Hospice Palliative Care: how you can help

Hospice palliative care—What does it mean to you? What does it mean to your family?

Hospice palliative care—What does it mean to you?  What does it mean to your family?

Hospice Palliative Care Month, May 2011, is an opportunity to highlight and encourage our community to talk about what hospice palliative care means to them and their loved ones.

This year, the Central Cariboo Hospice Palliative Care Society of Williams Lake and area has chosen to build upon the World Hospice Palliative Care Day’s campaign:  Sharing the Care.

The responsibility of caring for someone with a life-limiting illness is one that needs to be shared collectively within our community.

Together we can all make a difference in the lives of those who are living with a life-limiting illness and those affected by it.

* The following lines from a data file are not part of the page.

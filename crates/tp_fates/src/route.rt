ghost use Rattle.std.specs.Prelude.{◌≡◌, [], IfOk, OnOk};
ghost use Rattle.tp_fates.specs.Routes.{AreCounts, HasCounted, counted_in};

use indexmap::IndexMap;
use std::alloc::Global;
use tp_base::{ActorName, NoMemory};

/// Between two actors.
#[derive(Clone, Copy, Debug, PartialEq, Eq, Hash)]
pub struct Route {
    pub from: ActorName,
    pub to: ActorName,
}

/// How many outputs there were on each route.
#[derive(Debug, Drop)]
pub struct Routes {
    counts: IndexMap<Route, u128>,
}

impl Routes {
    /// Before the first output.
    pub fn new(alloc: Global) -> Routes
        ensures { AreCounts [] result }
    {
        Routes {
            counts: IndexMap::new(alloc),
        }
    }

    /// Counts one more output, and gives its number.
    pub fn count(&mut self, route: Route) -> Result<u128, NoMemory>
        ensures { IfOk result (HasCounted self.old self.new route) }
    {
        let number = self.counted(route).saturating_add(1);
        self.counts.insert(route, number)?;
        Ok(number)
    }

    fn counted(&self, route: Route) -> u128
        ensures { result ≡ counted_in self.now route }
    {
        match self.counts.get(&route) {
            Some(count) => *count,
            None => 0,
        }
    }
}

Peter Mansbridge, of CBC’s “National” TV news program, shares, “Hospice palliative care is about dignity, quality of life, comfort and courage. By sharing the care, we can help provide the quality of care and compassion that everyone deserves at the end of life.”

“Many Canadians do not understand hospice palliative care, and how it can benefit them and their loved ones,” explains Wendy Wainwright, president of the Canadian Hospice Palliative Care Society.

“Quality hospice palliative care offers a range of services that includes physical, psychological, social, spiritual and practical support to people with life-threatening illnesses, and to their families.

“It focuses on what people need and want at any given time, both prior to death and during bereavement.”

Kate McDonough, executive director of the Central Cariboo Hospice, adds: “Our hospice volunteers and staff work cooperatively with home and community nursing, physicians, home-support workers, Cariboo Memorial Hospital staff, the Senior’s Village staff and caregivers as part of a full palliative-care team.

“Our hospice volunteer services are free of charge to families, and are available for anyone with a life-threatening illness or condition, as well as for those who are grieving. We make the road less lonely.”

“One of the things that our community and our Hospice organization needs is more volunteers,” says Wendy Stasica, volunteer service co-ordinator for the Central Cariboo Hospice.”

Realizing that it is not a job that everyone can handle, it is nevertheless one of the most gratifying volunteer roles. It is a true privilege to be present at this very important event, and the clients and their families are so appreciative of that support.”

All Canadians have the right to die with dignity, free of pain, surrounded by their loved ones, in a setting of their choice. It is crucial that the Canadian health-care system have the programs and services in place to provide the quality end-of-life care that Canadians need.